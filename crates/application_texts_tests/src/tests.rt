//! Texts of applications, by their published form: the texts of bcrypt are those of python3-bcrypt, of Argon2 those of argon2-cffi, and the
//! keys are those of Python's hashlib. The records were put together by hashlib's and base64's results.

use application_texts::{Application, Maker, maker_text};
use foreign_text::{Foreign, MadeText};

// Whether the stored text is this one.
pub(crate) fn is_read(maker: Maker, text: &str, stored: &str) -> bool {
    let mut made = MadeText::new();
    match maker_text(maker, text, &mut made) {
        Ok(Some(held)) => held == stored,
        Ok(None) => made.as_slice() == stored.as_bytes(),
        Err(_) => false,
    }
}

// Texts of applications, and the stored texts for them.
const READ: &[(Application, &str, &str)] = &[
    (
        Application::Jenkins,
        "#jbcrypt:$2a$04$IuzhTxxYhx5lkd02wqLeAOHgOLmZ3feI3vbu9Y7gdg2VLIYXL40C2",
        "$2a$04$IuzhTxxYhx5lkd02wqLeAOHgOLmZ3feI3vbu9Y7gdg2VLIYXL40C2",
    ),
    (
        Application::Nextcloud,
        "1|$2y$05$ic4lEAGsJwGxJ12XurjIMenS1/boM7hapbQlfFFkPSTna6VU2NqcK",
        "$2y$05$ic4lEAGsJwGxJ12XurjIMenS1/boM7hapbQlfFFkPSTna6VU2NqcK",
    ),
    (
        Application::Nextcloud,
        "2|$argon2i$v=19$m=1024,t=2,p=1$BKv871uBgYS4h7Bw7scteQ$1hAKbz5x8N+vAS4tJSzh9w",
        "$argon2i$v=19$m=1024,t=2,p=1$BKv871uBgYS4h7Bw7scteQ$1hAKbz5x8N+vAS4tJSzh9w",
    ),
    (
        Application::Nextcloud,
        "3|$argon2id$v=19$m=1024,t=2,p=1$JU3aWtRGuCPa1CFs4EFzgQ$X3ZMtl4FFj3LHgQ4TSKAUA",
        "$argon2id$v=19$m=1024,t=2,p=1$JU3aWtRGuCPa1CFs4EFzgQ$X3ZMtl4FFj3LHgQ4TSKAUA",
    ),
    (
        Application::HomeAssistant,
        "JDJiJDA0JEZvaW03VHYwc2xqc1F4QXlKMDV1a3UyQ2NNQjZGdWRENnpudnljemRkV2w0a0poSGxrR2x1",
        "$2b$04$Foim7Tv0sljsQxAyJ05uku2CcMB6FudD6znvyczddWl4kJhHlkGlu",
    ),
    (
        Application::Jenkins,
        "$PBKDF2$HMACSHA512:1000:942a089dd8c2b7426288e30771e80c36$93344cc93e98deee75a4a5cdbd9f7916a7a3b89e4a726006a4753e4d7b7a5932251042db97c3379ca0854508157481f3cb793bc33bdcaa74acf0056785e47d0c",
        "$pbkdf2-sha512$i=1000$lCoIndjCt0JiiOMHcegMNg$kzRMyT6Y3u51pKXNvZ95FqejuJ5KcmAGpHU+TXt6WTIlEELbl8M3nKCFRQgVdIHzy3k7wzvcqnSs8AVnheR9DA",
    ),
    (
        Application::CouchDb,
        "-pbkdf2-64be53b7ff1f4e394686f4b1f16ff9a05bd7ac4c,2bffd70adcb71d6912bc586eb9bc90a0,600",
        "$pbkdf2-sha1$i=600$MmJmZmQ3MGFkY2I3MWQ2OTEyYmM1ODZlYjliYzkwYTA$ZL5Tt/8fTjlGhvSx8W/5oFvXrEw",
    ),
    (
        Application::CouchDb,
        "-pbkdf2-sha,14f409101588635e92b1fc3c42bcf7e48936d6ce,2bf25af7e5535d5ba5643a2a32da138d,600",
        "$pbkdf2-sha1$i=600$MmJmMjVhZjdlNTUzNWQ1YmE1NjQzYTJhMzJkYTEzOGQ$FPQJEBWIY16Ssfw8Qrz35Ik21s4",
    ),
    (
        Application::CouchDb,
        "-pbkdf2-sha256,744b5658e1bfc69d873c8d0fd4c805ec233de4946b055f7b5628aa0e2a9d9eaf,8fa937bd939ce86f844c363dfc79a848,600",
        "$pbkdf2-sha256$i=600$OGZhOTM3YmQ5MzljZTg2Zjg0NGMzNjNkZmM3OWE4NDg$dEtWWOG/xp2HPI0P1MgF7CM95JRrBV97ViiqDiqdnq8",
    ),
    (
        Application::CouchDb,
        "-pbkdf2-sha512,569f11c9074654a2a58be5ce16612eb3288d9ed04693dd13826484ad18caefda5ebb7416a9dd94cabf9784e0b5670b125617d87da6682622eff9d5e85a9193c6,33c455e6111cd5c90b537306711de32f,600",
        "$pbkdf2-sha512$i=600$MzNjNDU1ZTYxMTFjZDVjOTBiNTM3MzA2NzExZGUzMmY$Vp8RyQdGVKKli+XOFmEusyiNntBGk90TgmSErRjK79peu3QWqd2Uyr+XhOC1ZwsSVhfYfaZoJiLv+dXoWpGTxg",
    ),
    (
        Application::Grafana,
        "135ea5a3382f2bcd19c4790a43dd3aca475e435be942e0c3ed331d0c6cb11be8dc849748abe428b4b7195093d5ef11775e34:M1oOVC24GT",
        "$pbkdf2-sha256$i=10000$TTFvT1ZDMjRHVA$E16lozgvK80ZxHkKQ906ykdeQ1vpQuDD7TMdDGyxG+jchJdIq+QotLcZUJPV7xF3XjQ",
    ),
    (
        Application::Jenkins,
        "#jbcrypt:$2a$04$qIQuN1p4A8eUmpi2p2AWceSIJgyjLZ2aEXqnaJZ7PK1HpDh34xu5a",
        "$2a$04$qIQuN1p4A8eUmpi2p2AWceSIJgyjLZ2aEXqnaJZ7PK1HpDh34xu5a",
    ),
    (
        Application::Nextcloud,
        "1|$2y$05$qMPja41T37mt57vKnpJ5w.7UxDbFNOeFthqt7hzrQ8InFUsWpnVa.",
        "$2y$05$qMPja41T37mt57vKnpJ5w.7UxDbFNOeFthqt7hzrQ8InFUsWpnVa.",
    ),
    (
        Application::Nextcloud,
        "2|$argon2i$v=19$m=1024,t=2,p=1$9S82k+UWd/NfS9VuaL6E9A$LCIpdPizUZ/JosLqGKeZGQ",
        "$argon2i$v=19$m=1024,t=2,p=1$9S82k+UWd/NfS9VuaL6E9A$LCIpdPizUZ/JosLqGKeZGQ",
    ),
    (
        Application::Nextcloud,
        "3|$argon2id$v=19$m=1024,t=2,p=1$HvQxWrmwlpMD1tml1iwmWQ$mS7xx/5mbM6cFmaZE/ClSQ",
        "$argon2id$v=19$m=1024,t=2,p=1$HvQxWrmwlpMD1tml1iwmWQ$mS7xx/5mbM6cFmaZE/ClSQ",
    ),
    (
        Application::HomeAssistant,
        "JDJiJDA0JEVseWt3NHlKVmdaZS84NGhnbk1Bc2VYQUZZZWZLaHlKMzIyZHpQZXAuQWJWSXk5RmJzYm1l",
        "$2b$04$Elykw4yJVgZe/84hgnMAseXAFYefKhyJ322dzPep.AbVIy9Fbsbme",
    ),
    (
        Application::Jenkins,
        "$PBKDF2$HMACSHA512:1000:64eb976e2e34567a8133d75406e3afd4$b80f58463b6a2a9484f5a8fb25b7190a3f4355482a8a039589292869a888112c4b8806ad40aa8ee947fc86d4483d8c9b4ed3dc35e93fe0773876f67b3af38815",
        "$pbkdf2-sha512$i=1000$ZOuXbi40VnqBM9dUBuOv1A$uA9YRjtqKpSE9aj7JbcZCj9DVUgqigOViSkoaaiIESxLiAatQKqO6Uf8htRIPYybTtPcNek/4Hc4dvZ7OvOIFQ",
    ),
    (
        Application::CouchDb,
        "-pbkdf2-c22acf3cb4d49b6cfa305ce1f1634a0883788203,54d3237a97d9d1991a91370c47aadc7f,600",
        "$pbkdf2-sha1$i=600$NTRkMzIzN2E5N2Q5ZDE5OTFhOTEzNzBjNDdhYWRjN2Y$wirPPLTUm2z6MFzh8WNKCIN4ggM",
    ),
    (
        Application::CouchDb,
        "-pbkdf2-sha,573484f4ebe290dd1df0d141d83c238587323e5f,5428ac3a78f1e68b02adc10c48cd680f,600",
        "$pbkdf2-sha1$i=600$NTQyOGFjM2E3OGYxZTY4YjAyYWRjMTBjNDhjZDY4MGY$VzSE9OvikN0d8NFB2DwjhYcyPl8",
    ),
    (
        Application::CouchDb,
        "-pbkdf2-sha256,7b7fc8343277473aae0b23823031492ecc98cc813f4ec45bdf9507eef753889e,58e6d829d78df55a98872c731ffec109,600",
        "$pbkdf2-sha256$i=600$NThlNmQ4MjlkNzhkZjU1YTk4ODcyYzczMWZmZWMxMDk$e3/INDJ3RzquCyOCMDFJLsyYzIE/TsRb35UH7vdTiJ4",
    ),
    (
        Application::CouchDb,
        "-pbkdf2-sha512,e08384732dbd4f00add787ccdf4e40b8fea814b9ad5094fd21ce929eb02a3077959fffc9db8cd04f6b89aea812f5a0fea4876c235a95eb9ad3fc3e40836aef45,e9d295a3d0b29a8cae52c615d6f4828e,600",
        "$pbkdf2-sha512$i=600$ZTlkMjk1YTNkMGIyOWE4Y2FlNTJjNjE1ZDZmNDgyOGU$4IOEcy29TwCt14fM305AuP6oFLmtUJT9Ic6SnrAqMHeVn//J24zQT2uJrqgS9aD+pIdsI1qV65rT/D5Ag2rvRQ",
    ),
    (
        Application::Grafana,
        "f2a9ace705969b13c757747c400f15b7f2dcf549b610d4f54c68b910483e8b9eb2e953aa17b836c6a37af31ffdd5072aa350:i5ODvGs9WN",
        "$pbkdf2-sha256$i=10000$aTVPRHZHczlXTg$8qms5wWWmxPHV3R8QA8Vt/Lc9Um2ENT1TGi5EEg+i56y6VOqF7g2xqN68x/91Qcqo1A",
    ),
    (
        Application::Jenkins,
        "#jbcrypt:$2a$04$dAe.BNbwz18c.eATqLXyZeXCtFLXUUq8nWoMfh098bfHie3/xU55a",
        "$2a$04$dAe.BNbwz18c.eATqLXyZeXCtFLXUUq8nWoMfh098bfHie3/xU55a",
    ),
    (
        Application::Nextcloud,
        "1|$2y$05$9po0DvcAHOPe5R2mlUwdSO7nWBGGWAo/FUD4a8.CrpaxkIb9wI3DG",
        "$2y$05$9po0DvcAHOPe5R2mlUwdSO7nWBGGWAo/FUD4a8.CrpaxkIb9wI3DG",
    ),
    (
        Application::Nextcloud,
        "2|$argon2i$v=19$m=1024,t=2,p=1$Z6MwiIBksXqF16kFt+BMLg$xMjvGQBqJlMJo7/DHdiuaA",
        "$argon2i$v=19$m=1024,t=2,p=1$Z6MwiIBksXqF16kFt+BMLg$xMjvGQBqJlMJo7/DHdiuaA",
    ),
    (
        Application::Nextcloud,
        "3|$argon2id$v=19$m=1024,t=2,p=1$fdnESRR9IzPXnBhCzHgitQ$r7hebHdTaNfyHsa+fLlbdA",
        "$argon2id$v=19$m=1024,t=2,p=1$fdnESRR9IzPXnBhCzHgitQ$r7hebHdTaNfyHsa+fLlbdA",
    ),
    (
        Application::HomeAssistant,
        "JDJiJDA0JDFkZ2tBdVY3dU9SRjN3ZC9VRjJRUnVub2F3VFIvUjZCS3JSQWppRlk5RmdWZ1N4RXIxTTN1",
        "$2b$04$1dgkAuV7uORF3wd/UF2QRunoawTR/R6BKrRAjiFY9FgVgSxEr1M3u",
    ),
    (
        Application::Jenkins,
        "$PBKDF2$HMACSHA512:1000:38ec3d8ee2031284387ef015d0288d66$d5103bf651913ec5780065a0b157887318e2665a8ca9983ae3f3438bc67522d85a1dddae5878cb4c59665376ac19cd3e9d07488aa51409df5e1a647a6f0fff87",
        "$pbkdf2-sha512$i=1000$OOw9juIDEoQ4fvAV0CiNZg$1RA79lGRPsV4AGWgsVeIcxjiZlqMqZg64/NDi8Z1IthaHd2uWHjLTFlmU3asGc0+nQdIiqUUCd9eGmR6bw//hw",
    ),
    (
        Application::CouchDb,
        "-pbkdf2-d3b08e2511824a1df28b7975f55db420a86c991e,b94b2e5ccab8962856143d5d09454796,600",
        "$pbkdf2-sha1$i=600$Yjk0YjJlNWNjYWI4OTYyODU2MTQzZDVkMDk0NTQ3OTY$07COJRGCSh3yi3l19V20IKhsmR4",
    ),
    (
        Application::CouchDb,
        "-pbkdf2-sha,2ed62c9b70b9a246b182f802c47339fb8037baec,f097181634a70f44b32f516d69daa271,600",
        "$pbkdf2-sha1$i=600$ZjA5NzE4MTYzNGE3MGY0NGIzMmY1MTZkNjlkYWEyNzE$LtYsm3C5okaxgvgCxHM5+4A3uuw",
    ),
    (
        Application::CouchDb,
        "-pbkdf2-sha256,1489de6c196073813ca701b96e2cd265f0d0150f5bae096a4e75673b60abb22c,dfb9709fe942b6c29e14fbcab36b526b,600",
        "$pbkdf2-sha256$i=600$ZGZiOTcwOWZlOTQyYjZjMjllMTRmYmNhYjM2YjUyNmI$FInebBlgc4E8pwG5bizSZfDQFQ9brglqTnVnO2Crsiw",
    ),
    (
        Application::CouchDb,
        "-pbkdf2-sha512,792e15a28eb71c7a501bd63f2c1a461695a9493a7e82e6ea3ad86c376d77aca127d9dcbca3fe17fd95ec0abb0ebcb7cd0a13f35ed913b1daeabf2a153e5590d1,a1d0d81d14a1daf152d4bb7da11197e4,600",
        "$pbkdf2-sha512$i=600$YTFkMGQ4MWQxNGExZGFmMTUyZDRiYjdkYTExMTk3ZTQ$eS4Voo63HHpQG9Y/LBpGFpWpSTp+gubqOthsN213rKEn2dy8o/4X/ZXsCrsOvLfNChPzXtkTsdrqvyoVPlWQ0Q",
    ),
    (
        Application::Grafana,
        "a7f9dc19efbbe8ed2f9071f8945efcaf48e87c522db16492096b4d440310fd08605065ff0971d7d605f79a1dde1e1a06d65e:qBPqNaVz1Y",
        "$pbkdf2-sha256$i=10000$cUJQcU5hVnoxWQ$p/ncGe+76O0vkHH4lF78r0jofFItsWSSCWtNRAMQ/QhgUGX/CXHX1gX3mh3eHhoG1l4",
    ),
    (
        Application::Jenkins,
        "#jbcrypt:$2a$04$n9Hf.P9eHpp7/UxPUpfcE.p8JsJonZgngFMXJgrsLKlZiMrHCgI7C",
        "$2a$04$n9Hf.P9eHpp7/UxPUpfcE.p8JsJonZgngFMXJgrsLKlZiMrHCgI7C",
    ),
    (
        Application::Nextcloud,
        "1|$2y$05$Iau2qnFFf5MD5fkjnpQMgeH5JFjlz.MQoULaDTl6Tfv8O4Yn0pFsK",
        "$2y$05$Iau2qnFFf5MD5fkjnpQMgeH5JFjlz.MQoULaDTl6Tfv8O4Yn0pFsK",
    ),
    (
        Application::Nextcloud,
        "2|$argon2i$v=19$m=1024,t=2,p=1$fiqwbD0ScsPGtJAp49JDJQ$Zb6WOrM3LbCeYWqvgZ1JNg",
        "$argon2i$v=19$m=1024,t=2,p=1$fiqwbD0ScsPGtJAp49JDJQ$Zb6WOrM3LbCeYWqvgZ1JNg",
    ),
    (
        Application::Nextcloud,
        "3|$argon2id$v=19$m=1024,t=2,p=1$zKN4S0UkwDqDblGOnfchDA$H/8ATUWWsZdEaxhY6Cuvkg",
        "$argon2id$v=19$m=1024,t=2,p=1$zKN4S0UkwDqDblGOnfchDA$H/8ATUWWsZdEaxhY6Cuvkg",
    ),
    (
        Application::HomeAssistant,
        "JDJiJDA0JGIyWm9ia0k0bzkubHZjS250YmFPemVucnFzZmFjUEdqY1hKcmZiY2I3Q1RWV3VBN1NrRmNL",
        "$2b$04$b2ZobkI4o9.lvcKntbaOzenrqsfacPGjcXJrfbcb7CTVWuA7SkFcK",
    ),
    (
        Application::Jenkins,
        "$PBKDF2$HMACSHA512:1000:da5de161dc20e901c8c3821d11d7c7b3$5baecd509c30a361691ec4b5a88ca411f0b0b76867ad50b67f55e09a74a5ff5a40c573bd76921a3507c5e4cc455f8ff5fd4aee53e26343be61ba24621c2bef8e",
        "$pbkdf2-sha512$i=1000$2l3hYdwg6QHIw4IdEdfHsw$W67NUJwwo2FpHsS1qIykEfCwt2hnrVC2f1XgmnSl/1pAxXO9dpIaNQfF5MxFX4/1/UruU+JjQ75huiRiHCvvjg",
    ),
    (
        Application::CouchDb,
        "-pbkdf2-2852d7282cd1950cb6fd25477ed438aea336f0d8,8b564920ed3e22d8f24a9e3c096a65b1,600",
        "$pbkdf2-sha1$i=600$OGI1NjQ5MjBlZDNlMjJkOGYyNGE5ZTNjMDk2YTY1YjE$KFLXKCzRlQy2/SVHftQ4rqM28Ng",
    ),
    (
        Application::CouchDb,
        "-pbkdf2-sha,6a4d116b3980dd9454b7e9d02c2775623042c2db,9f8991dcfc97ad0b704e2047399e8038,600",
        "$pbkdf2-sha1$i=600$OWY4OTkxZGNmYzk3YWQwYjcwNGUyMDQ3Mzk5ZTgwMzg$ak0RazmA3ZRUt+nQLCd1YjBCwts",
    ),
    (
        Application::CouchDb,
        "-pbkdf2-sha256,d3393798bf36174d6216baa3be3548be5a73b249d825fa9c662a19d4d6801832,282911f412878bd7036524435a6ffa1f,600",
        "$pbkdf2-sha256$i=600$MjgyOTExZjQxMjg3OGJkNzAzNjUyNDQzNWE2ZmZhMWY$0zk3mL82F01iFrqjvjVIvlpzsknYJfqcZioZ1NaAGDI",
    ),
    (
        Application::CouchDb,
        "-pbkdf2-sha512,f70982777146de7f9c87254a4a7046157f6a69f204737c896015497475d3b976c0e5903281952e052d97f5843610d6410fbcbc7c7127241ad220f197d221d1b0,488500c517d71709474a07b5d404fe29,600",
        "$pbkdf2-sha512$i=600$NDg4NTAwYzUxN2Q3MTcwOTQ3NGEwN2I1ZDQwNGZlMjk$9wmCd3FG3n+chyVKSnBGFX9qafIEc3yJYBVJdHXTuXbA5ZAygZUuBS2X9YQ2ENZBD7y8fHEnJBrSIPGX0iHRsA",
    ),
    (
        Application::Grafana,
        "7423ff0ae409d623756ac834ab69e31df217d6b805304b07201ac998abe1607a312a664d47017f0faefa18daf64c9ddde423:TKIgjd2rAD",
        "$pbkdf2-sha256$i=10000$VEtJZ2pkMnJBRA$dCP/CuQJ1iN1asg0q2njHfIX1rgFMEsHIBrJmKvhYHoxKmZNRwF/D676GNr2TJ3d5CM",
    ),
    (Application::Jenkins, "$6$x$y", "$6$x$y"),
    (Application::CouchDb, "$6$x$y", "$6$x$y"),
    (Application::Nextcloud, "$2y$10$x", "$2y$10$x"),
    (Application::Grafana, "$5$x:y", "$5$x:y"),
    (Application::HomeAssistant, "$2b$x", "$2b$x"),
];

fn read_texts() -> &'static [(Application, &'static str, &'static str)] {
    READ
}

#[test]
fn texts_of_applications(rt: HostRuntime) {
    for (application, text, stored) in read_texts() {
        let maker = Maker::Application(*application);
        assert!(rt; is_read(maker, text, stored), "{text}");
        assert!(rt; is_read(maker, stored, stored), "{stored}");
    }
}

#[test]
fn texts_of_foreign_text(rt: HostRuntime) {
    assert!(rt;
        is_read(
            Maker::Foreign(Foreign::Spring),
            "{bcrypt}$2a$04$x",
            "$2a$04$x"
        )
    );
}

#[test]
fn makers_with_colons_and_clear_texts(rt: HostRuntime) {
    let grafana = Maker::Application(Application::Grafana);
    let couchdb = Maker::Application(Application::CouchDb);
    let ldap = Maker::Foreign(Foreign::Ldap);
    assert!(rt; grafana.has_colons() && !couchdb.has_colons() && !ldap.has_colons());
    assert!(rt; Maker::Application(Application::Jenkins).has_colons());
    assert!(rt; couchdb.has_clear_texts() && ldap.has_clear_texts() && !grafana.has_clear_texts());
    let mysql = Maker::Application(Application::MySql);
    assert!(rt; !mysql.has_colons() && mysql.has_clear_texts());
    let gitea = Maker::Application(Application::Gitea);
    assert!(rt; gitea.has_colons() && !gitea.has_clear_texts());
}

..........

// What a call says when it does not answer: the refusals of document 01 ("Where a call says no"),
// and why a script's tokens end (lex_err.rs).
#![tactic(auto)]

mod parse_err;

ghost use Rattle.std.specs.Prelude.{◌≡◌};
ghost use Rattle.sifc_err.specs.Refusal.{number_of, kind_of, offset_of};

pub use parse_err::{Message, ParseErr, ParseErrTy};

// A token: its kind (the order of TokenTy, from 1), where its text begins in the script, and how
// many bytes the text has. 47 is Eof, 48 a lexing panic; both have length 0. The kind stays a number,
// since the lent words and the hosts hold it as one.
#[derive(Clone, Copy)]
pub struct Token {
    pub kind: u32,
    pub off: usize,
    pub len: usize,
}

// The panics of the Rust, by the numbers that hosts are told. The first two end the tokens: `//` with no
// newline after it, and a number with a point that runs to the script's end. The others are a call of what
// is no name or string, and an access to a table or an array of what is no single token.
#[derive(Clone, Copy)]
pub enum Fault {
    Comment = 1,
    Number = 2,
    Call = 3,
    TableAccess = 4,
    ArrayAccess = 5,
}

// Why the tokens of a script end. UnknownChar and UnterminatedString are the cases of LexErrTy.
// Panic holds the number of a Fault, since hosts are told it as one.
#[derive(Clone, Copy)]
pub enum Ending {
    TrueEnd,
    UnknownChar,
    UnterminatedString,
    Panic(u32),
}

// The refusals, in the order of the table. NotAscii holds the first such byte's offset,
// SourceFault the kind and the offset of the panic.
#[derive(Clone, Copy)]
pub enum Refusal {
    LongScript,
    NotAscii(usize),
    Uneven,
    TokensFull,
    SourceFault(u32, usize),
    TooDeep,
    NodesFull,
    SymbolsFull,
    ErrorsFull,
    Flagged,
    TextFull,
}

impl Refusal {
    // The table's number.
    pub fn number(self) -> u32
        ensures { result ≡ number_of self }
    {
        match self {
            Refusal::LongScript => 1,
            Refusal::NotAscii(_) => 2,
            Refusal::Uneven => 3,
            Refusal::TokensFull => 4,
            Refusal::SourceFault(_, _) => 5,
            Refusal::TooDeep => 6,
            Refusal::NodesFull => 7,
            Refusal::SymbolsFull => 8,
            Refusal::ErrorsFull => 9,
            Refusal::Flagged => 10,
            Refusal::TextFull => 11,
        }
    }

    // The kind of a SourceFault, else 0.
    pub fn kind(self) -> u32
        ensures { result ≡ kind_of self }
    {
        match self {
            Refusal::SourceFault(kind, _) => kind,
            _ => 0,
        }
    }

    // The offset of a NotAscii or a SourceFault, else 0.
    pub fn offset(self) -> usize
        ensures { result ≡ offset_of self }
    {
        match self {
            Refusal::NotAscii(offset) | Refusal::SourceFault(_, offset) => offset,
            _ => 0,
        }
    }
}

..........

- [EXERCISE] Copy out the lines of the records above in which the string "enum" appears.

- [RESULT]
pub enum Fault {
pub enum Ending {
pub enum Refusal {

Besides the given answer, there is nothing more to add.